# ISO Pepperoni Spice Blend recipe



## JustJoel (Mar 29, 2019)

Have you ever wanted to add classic pepperoni flavor to a dish, but didn’t want to actually use pepperoni?

Spice blends are quite popular, it seems. Even the Colonel’s 11 herbs and spices have been somewhat unceremoniously leaked. Cajun spice blend, jerk spice blend, Greek spice blend....  Is there a spice blend inspired by the flavors in pepperoni that I can mix up at home?

I did do a quick google search, but none of the hits really stood out to me.

Looking forward to hearing any suggestions! (A pepperoni spice blend would be very tasty on popcorn, I think!)


----------



## pepperhead212 (Mar 29, 2019)

The problem with obtaining that "pepperoni flavor" with a simple spice blend is that much of the flavor comes from the curing of the meat.  When I was looking into making my own pepperoni, years ago, I was surprised at how little, in the way of spices was added to many of the recipes!  Unfortunately, I did not have the facilities to cure this type of charcuterie for many months - just couldn't keep the temp.  constant for that long.


----------



## Aunt Bea (Mar 29, 2019)

This pepperoni powder recipe caught my eye but I've never tried it.

https://www.seriouseats.com/recipes/2011/10/pepperoni-powder-recipe.html

Good luck!


----------



## JustJoel (Mar 29, 2019)

Aunt Bea said:


> This pepperoni powder recipe caught my eye but I've never tried it.
> 
> https://www.seriouseats.com/recipes/2011/10/pepperoni-powder-recipe.html
> 
> Good luck!


Interesting!
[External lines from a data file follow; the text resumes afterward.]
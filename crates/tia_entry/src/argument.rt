//! Where a call's arguments stand, and what they point at.
ghost use Rattle.std.specs.Prelude.{◌≡◌, ◌≤◌, ◌<◌, ◌+◌, ◌^◌, length, nat_le};
ghost use Rattle.program_model.specs.Calls.{behind_call};
ghost use Rattle.tia_entry.specs.Looks.{word_at};

use cpu_regs::{MemoryPort, Regs};
use program_model::EntryFault;
use word36::Word;

/// The n-th place after the call, from 1 on.
pub(crate) fn behind_call(regs: &Regs, n: u16) -> u16
    requires { n ≤ 4 }
    ensures place { result ≡ behind_call regs.now n }
    ensures below { result < 2 ^ 15 }
{
    let call = (0o100000 - regs.xr(4)) & 0o77777;
    (call + n) & 0o77777
}

/// The word at an address.
pub(crate) fn word_at<M: MemoryPort>(core: &M, address: u16) -> Result<Word, EntryFault>
    ensures { result ≡ word_at (M.words core.now) address }
{
    match core.load(address) {
        Ok(word) => Ok(word),
        Err(_) => Err(EntryFault::Outside(address)),
    }
}

/// The word at the n-th place after the call, from 1 on.
pub(crate) fn argument<M: MemoryPort>(regs: &Regs, core: &M, n: u16) -> Result<Word, EntryFault>
    requires { n ≤ 4 }
    ensures { result ≡ word_at (M.words core.now) (behind_call regs.now n) }
{
    word_at(core, behind_call(regs, n))
}

/// Whether so many words from an address on lie within the core.
pub(crate) fn is_within<M: MemoryPort>(core: &M, at: u16, count: u16) -> bool
    ensures { result ≡ nat_le (at + count) (length (M.words core.now)) }
{
    let words = 256 * u32::from(core.size());
    u32::from(at) + u32::from(count) <= words
}
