//! Supervisor entries: what a program's call asks for, how it is answered, and words of its core, lines among them.
#![tactic(auto)]

mod argument;
mod buffer;
mod call;
mod file_call;
mod line;

pub use buffer::{store_fitting, store_words, words_in};
pub use call::{answer, is_get_memory, is_get_time, is_line_count, read_call};
pub use line::{line_in, store_line};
Except this “pepperoni powder” isn’t a spice blend. It’s actually made from pepperoni!


----------



## Rocklobster (Mar 29, 2019)

Just google how to make pepperoni, find a recipe you like and use the spice blend..for the  salt I would add some powdered beef soup base..mix it up and there you go..


----------



## pepperhead212 (Mar 29, 2019)

Aunt Bea said:


> This pepperoni powder recipe caught my eye but I've never tried it.
> 
> https://www.seriouseats.com/recipes/2011/10/pepperoni-powder-recipe.html
> 
> Good luck!


So how many have tapioca maltodextrin in their pantry?


----------



## GotGarlic (Mar 30, 2019)

pepperhead212 said:


> So how many have tapioca maltodextrin in their pantry?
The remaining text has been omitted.